[Stored items]
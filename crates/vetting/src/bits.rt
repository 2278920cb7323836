// A set of numbers below 1,048,576 as bits: 128 KiB.
ghost use Rattle.std.specs.Prelude.{◌≡◌, ℕ, ◌<◌, length};
ghost use Rattle.arrays.specs.work.Filled.{Filled};
ghost use Rattle.limits.specs.work.Fits.{Decides};
ghost use Rattle.vetting.specs.work.Bits.{bit, Has, PutIn};

// The empty set.
pub(crate) fn clear(bits: &mut [u64; 16384])
    ensures { Filled 16384 0 bits.new }
{
    bits.fill(0);
}

// Bit k of w.
fn bit_of(w: u64, k: u64) -> u64
    requires { k < 64 }
    ensures { result ≡ bit k w }
{
    (w >> k) % 2
}

// w with bit k, which it has not.
fn with(w: u64, k: u64) -> u64
    requires { (k < 64) × (bit k w ≡ 0) }
    ensures { (bit k result ≡ 1) × ((j : ℕ) → (j ≡ k → ⊥) → bit j result ≡ bit j w) }
{
    w + (1 << k)
}

// Whether p is in the set.
pub(crate) fn has(bits: &[u64; 16384], p: usize) -> bool
    requires { p < 1048576 }
    ensures { Decides (Has bits.now p) result }
{
    bit_of(bits[p / 64], (p % 64) as u64) == 1
}

// Puts p in; false where it was in before.
pub(crate) fn put(bits: &mut [u64; 16384], p: usize) -> bool
    requires { (p < 1048576) × (length bits.old ≡ 16384) }
    ensures { PutIn bits.old p result bits.new }
{
    let w = bits[p / 64];
    let k = (p % 64) as u64;
    if bit_of(w, k) == 1 {
        return false;
    }
    bits[p / 64] = with(w, k);
    true
}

* [WHAT TO PRODUCE] Would you retype exactly the lines above, from the line with "pub(crate) fn clear(bits: &mut [u64; 16384])" to the line with "in the set.", with both end lines kept and nothing more?

* [TASK RESPONSE]
pub(crate) fn clear(bits: &mut [u64; 16384])
    ensures { Filled 16384 0 bits.new }
{
    bits.fill(0);
}

// Bit k of w.
fn bit_of(w: u64, k: u64) -> u64
    requires { k < 64 }
    ensures { result ≡ bit k w }
{
    (w >> k) % 2
}

// w with bit k, which it has not.
fn with(w: u64, k: u64) -> u64
    requires { (k < 64) × (bit k w ≡ 0) }
    ensures { (bit k result ≡ 1) × ((j : ℕ) → (j ≡ k → ⊥) → bit j result ≡ bit j w) }
{
    w + (1 << k)
}

// Whether p is in the set.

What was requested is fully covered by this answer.